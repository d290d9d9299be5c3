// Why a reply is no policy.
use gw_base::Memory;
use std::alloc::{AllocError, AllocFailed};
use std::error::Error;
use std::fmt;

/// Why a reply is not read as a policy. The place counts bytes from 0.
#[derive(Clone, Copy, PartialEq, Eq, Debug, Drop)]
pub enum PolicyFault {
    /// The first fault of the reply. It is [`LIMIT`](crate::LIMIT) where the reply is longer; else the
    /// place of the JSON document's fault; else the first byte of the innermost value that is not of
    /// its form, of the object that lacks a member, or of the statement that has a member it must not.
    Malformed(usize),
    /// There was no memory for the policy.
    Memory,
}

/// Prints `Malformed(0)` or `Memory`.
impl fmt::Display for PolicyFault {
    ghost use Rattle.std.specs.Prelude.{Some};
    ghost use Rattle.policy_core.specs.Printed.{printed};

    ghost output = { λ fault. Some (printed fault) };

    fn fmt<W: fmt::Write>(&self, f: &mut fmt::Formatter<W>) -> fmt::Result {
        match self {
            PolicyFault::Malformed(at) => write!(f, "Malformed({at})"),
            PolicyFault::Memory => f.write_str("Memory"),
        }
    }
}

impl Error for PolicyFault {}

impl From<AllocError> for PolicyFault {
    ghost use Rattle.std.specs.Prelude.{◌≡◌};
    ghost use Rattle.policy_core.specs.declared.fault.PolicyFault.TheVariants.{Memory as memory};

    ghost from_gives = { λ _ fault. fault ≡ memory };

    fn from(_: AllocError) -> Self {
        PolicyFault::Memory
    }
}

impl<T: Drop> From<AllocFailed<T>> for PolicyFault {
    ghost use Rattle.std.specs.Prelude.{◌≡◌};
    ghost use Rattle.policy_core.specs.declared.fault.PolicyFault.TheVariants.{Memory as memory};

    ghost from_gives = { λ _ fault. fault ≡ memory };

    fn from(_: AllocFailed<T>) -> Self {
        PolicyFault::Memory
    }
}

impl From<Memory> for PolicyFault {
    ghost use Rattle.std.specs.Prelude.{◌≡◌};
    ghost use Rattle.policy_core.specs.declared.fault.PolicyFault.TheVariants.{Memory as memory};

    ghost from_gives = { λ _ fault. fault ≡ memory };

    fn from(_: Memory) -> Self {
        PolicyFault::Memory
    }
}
------------------------------------------------
Prompt: Which lines above hold the string "AllocError"? Show each of them.

Finished exercise:
use std::alloc::{AllocError, AllocFailed};
impl From<AllocError> for PolicyFault {
    fn from(_: AllocError) -> Self {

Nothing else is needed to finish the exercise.